Operating Expenses: There are anticipated increases in operating expenses, particularly in Q4, due to seasonal factors and resource allocation for professional services.
Acquisition Integration Risks: The integration of acquired companies poses risks related to operational efficiency and achieving expected synergies.
Revenue Expectations: 2024 revenue is anticipated to be between $305 million and $311 million.
Adjusted EBITDA Expectations: 2024 adjusted EBITDA is raised to between $25 million and $27 million.
Bookings Expectations: Reiterating full year 2024 bookings expectations, including net new platform subscription client additions in the low 20s and a dollar-based retention rate between 100% and 106%.
Acquisition Strategy: Signed a definitive agreement to acquire Intraprise Health for $43 million, focusing on enhancing cybersecurity capabilities.
Growth Strategy: Expecting top line growth to accelerate back to double digits in 2025.
Client Migration: Continuing to migrate existing clients to the Ignite platform, with strong demand for additional applications.
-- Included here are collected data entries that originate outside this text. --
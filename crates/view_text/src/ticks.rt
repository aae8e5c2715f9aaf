// The ticks of an axis.
ghost use Rattle.std.specs.Prelude.{◌≡◌, ◌<◌, ◌≤◌, ◌*◌, ◌^◌, ◌*ℤ◌, ◌||◌, pos, unsigned_abs};
ghost use Rattle.lift_base.specs.Outside.{Wrote};
ghost use Rattle.view_text.specs.Axes.{all_ticks, has_ticks, note_text, places_of, quarters, tick_text, ticks_text};

use crate::axis::Axis;
use crate::decimal::{Places, write_decimal};
use crate::style::{GROUP_END, ROUNDED_NOTE, TEXT_END, ticks_start, write_tick_start};
use cert_text::Head;
use lift_base::{Sink, WriteFault, write_all, writes_in_turn};
use view_map::{Slice, span_at};

/// From where to where an axis goes, over a grid.
#[derive(Clone, Copy)]
struct Span {
    low: i64,
    high: i64,
    d: u64,
}

// How many places the numbers of the ticks have, where there are ticks.
fn places_of(span: Span) -> Option<Places>
    ensures { result ≡ places_of (span.low, span.high) span.d }
{
    let d = u128::from(span.d);
    let width = u128::from(span.high.abs_diff(span.low));
    let size = u128::from(span.low.unsigned_abs().max(span.high.unsigned_abs()));
    if 10_000 * d <= size {
        None
    } else if d <= 25 * width {
        Some(Places::Three)
    } else if d <= 25_000 * width {
        Some(Places::Six)
    } else if d <= 25_000_000 * width {
        Some(Places::Nine)
    } else {
        None
    }
}

// A few times a number.
fn times(a: i64, n: u32) -> i128
    requires { n ≤ 4 }
    ensures value { result ≡ a *ℤ pos n }
    ensures within { unsigned_abs result ≤ 2 ^ 65 }
{
    i128::from(a) * i128::from(n)
}

// So many quarters of the way from the low end to the high end, in quarters.
fn quarters(low: i64, high: i64, n: u32) -> i128
    requires { n ≤ 4 }
    ensures value { result ≡ quarters (low, high) n }
    ensures within { unsigned_abs result ≤ 2 ^ 66 }
{
    times(low, 4 - n) + times(high, n)
}

// Writes the number of a tick, where it stands.
fn write_tick<K: Sink>(
    out: &mut K,
    axis: Axis,
    span: Span,
    places: Places,
    n: u32,
) -> Result<(), WriteFault>
    requires quarter { n ≤ 4 }
    requires grid { 0 < span.d }
    ensures { Wrote K.taken K.faults out.old out.new result
        (tick_text span.d axis (span.low, span.high) places n) }
{
    writes_in_turn::<K>();
    write_tick_start(out, axis, n)?;
    let num = quarters(span.low, span.high, n);
    write_decimal(out, places, num, 4 * u128::from(span.d))?;
    write_all(out, TEXT_END)
}

// Writes the marks and the numbers of an axis.
fn write_all_ticks<K: Sink>(
    out: &mut K,
    axis: Axis,
    span: Span,
    places: Places,
) -> Result<(), WriteFault>
    requires { 0 < span.d }
    ensures { Wrote K.taken K.faults out.old out.new result
        (all_ticks span.d axis (span.low, span.high) (Some places)) }
{
    writes_in_turn::<K>();
    write_all(out, ticks_start(axis))?;
    write_tick(out, axis, span, places, 0)?;
    write_tick(out, axis, span, places, 1)?;
    write_tick(out, axis, span, places, 2)?;
    write_tick(out, axis, span, places, 3)?;
    write_tick(out, axis, span, places, 4)?;
    write_all(out, GROUP_END)
}

// Writes them where there are some.
fn write_some_ticks<K: Sink>(out: &mut K, axis: Axis, span: Span) -> Result<(), WriteFault>
    requires { 0 < span.d }
    ensures { Wrote K.taken K.faults out.old out.new result
        (all_ticks span.d axis (span.low, span.high) (places_of (span.low, span.high) span.d)) }
{
    writes_in_turn::<K>();
    match places_of(span) {
        None => Ok(()),
        Some(places) => write_all_ticks(out, axis, span, places),
    }
}

/// Writes the ticks of an axis that goes from one end to another.
pub(crate) fn write_ticks<K: Sink>(
    out: &mut K,
    head: &Head,
    axis: Axis,
    low: i64,
    high: i64,
) -> Result<(), WriteFault>
    ensures { Wrote K.taken K.faults out.old out.new result (ticks_text head.now axis (low, high)) }
{
    let _ = head.w();
    let d = head.grid().d.unsigned_abs();
    write_some_ticks(out, axis, Span { low, high, d })
}

// Whether there is an axis that has ticks.
fn has_ticks(head: &Head, parameter: Option<u32>) -> bool
    ensures { result ≡ has_ticks head.now parameter }
{
    match parameter {
        None => false,
        Some(parameter) => {
            let (low, high) = span_at(head.root().sides(), parameter);
            let d = head.grid().d.unsigned_abs();
            places_of(Span { low, high, d }).is_some()
        }
    }
}

// Whether there are ticks on either axis.
fn is_ticked(head: &Head, slice: &Slice) -> bool
    ensures { result ≡ (has_ticks head.now slice.now.x || has_ticks head.now slice.now.y) }
{
    has_ticks(head, slice.x()) || has_ticks(head, slice.y())
}

/// Writes that ticks are rounded, once for both axes, where there are some.
pub(crate) fn write_note<K: Sink>(out: &mut K, head: &Head, slice: &Slice) -> Result<(), WriteFault>
    ensures { Wrote K.taken K.faults out.old out.new result
        (note_text head.now slice.now.x slice.now.y) }
{
    if is_ticked(head, slice) {
        write_all(out, ROUNDED_NOTE)
    } else {
        Ok(())
    }
}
Q4 2024 Revenue Guidance: Expect total revenue between $78 million and $84 million.
Q4 2024 Adjusted EBITDA Guidance: Expect adjusted EBITDA between $6.8 million and $8.8 million.
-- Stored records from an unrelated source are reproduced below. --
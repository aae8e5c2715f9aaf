//! Which states lead to a state, in parts of one flat list.

ghost use Rattle.std.specs.Prelude.{◌≡◌, ℕ, ◌+◌, ◌<◌, ◌≤◌, ◌^◌, ◌∷◌, [], length, sum, true, false, All, IfOk};
ghost use Rattle.lift_model.specs.Valid.{most_states};
ghost use Rattle.lift_model.specs.Before.{at as number_in, count_of, AreSums, ArePlaced, HaveRoom, AreEntered, HasLast, AreCuts, AreListed, AreSources, AreFirst, part};

use std::alloc::{AllocError, Global};

/// The states that lead to each state, each list a part of one flat list.
#[derive(Drop)]
pub struct Sources {
    /// Where each part begins, and after the last one where its room ends.
    pub starts: Vec<u32>,
    /// Where each part ends.
    pub ends: Vec<u32>,
    /// The flat list.
    pub states: Vec<u32>,
}

/// Adds to each count how often its number is in the list.
fn count_targets(counts: &mut [u32], targets: &[u32])
    requires small { length targets.now < 2 ^ 32 }
    requires inside { All (λ t. t < length counts.old) targets.now }
    requires zero { (u : ℕ) → number_in counts.old u ≡ 0 }
    ensures { (u : ℕ) → u < length counts.old → number_in counts.new u ≡ count_of u targets.now }
{
    for target in targets {
        counts[*target as usize] += 1;
    }
}

/// The sums of the counts before each place, and of all.
fn sum_counts(alloc: Global, counts: &[u32]) -> Result<Vec<u32>, AllocError>
    requires { sum counts.now < 2 ^ 32 }
    ensures { IfOk result (λ starts. AreSums starts.items counts.now (length counts.now)) }
{
    let mut starts = vec![in alloc; 0u32]?;
    let mut sum = 0u32;
    for count in counts {
        sum += *count;
        starts.push(sum)?;
    }
    Ok(starts)
}

/// Whether the state is the last of a part.
fn is_last(states: &[u32], start: u32, end: u32, s: u32) -> bool
    requires { end ≤ length states.now }
    ensures yes { result ≡ true → HasLast states.now start end s }
    ensures no { result ≡ false → ¬ HasLast states.now start end s }
{
    start < end && states[end as usize - 1] == s
}

/// Enters the state `s` at one of its targets, where it isn't there.
fn enter(starts: &[u32], ends: &mut [u32], states: &mut [u32], target: u32, s: u32)
    requires placed { ArePlaced starts.now ends.old (length states.old) (length ends.old) }
    requires target { target < length ends.old }
    requires room { number_in ends.old target < number_in starts.now (target + 1) }
    ensures { AreEntered starts.now ends.old states.old ends.new states.new (length ends.old) s (target ∷ []) }
{
    let at = target as usize;
    let end = ends[at];
    if is_last(states, starts[at], end, s) {
        return;
    }
    states[end as usize] = s;
    ends[at] = end + 1;
}

/// Enters the state `s` at each of these targets.
fn enter_all(starts: &[u32], ends: &mut [u32], states: &mut [u32], targets: &[u32], s: u32)
    requires placed { ArePlaced starts.now ends.old (length states.old) (length ends.old) }
    requires targets { All (λ t. t < length ends.old) targets.now }
    requires room { HaveRoom starts.now ends.old (length ends.old) targets.now }
    ensures { AreEntered starts.now ends.old states.old ends.new states.new (length ends.old) s targets.now }
{
    for target in targets {
        enter(starts, ends, states, *target, s);
    }
}

/// Enters each state at its targets.
fn enter_states(starts: &[u32], ends: &mut [u32], states: &mut [u32], targets: &[u32], cuts: &[u32])
    requires placed { ArePlaced starts.now ends.old (length states.old) (length ends.old) }
    requires empty { (u : ℕ) → u < length ends.old → number_in ends.old u ≡ number_in starts.now u }
    requires targets { All (λ t. t < length ends.old) targets.now }
    requires room { HaveRoom starts.now ends.old (length ends.old) targets.now }
    requires cuts { AreCuts cuts.now (length ends.old) (length targets.now) }
    requires small { length ends.old ≤ most_states }
    ensures placed { ArePlaced starts.now ends.new (length states.new) (length ends.old) }
    ensures listed { AreListed (length ends.old) targets.now cuts.now (part starts.now ends.new states.new) (length ends.old) }
{
    for s in 0..ends.len() {
        enter_all(
            starts,
            ends,
            states,
            &targets[cuts[s] as usize..cuts[s + 1] as usize],
            s as u32,
        );
    }
}

/// Whether none of these positions lies before that one.
fn is_first(positions: &[u32], position: u32) -> bool
    ensures { result ≡ true → All (λ p. position ≤ p) positions.now }
{
    for p in positions {
        if *p < position {
            return false;
        }
    }
    true
}

/// Tells for each position whether none in its part of the flat list lies before it.
pub(crate) fn find_first(
    alloc: Global,
    positions: &[u32],
    starts: &[u32],
    ends: &[u32],
    before: &[u32],
) -> Result<Vec<bool>, AllocError>
    requires { ArePlaced starts.now ends.now (length before.now) (length positions.now) }
    ensures { IfOk result (λ list. AreFirst positions.now (part starts.now ends.now before.now) list.items) }
{
    let mut list = Vec::with_capacity(alloc, positions.len())?;
    for s in 0..positions.len() {
        let part = &before[starts[s] as usize..ends[s] as usize];
        list.push(is_first(part, positions[s]))?;
    }
    Ok(list)
}

/// The states that lead to each of so many states. Their targets stand cut into those of each state.
pub(crate) fn find_sources(
    alloc: Global,
    count: usize,
    targets: &[u32],
    cuts: &[u32],
) -> Result<Sources, AllocError>
    requires count { (1 ≤ count) × (count ≤ most_states) }
    requires small { length targets.now < 2 ^ 32 }
    requires targets { All (λ t. t < count) targets.now }
    requires cuts { AreCuts cuts.now count (length targets.now) }
    ensures { IfOk result (λ all. AreSources count targets.now cuts.now all.starts.items all.ends.items all.states.items) }
{
    let mut counts = vec![in alloc; 0u32; count]?;
    count_targets(&mut counts, targets);
    let starts = sum_counts(alloc, &counts)?;
    drop(counts);
    let mut ends = Vec::from_slice(alloc, &starts[..count])?;
    let mut states = vec![in alloc; 0u32; starts[count] as usize]?;
    enter_states(&starts, &mut ends, &mut states, targets, cuts);
    Ok(Sources {
        starts,
        ends,
        states,
    })
}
2025 Growth Expectations: Anticipate approximately 50% growth in adjusted EBITDA in 2025 compared to 2024.
Shareholder Return Plan: Health Catalyst has not announced any share buyback program or dividend program during this earnings call.
The earnings call presents mixed signals: the company reports revenue growth and exceeded EBITDA guidance, but faces macroeconomic and competitive pressures. The share repurchase program is positive, but the decline in gross margins and cash reserves, coupled with uncertain economic conditions, offset this. The Q&A indicates confidence in new client acquisition and tech margin improvement, but management's vague responses on Medicaid cuts raise concerns. Overall, the positive aspects are balanced by significant risks and uncertainties, leading to a neutral sentiment.
The earnings call summary and Q&A session reveal several positive indicators: a slight revenue increase, improved EBITDA, successful client acquisitions, and optimistic 2025 growth expectations. Despite some integration risks and lack of shareholder return plans, the company's strong pipeline, international growth, and strategic acquisitions bolster the outlook. The positive sentiment is supported by management's confidence in achieving double-digit growth and significant EBITDA growth in 2025. The lack of negative guidance adjustments or major financial disappointments further supports a positive stock price movement prediction.
The earnings call highlights strong financial performance, optimistic guidance, and strategic growth initiatives. Despite some risks like revenue recognition delays and competitive pressures, the new Ignite platform and strategic acquisitions are expected to drive growth. The Q&A section reveals positive reception of new products and strong pipeline demand, indicating potential for margin improvement. The company's proactive approach to refinancing and capital deployment further supports a positive outlook. Given the overall sentiment and market dynamics, a positive stock price movement (2% to 8%) is anticipated over the next two weeks.